Taiwanese Hakka is a language group consisting of Hakka dialects spoken in Taiwan, and mainly used by people of Hakka ancestry. Taiwanese Hakka is divided into five main dialects: Sixian, Hailu, Dapu, Raoping, and Zhao'an. The most widely spoken of the five Hakka dialects in Taiwan are Sixian and Hailu. The former, possessing 6 tones, originates from Meizhou, Guangdong, and is mainly spoken in Miaoli, Pingtung and Kaohsiung, while the latter, possessing 7 tones, originates from Haifeng and Lufeng, Guangdong, and is concentrated around Hsinchu. Taiwanese Hakka is also officially listed as one of the national languages of Taiwan.
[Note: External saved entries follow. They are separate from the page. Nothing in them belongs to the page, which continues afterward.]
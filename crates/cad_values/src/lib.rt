//! Values: their equality, sizes and own types.
#![tactic(auto)]

mod equal;
mod own_type;
mod parts;
mod size;
mod value;

pub use equal::{same, same_key};
pub use own_type::type_of_value;
pub use parts::has_no_reference;
pub use size::{height, identities, weight};
pub use value::{Cap, CompositeField, DictionaryEntry, Reference, Target, Value};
In addition to the five main dialects, there are the northern Xihai dialect and the patchily distributed Yongding, Fengshun, Wuping, Wuhua, and Jiexi dialects.

== Geographic distribution ==

Townships/cities and districts in Taiwan where Hakka is a statutory regional language according to the Hakka Basic Act

In 2014, 4.2 million Taiwanese self-identified as Hakka, accounting for 18% of the population. The Hakka Affairs Council has designated 70 townships and districts across Taiwan where the Hakka account for more than a third of the total population, including 18 in Miaoli County, 11 in Hsinchu County, and another 8 in Pingtung, Hualien, and Taoyuan counties each.

== Status ==
With the introduction of martial law in 1949, the KMT-led government repressed Hakka, along with Taiwanese Hokkien and other indigenous languages in favor of Mandarin. In 1988, the Hakka community established the Restore My Mother Tongue Movement to advocate for the right to use and preserve the Hakka language. Language restrictions were relaxed after 1987 with the lifting of martial law and ensuing democratic reforms. In 2012, the ministry-level Hakka Affairs Council was established to stem the language's decline in Taiwan. In December 2017, the Legislative Yuan designated Hakka as an official national language of Taiwan.

== Sociolinguistics ==
While Hakka has official status in Taiwan, it has seen ongoing decline due to a language shift to the more dominant Taiwanese Mandarin and Taiwanese Hokkien. The number of Hakka speakers in Taiwan has declined by 1.1% per year, particularly among youth. In 2016, only 22.8% of self-identifying Hakkas aged 19 to 29 spoke the language. Today, Taiwanese Hakka tends to be used within families and within local communities, which has reduced intergenerational transmission. An estimated 2 million Hakkas now self-identify as Hoklo. Furthermore, the great diversity of Hakka dialects used throughout Taiwan has impeded standardization of Hakka for teaching.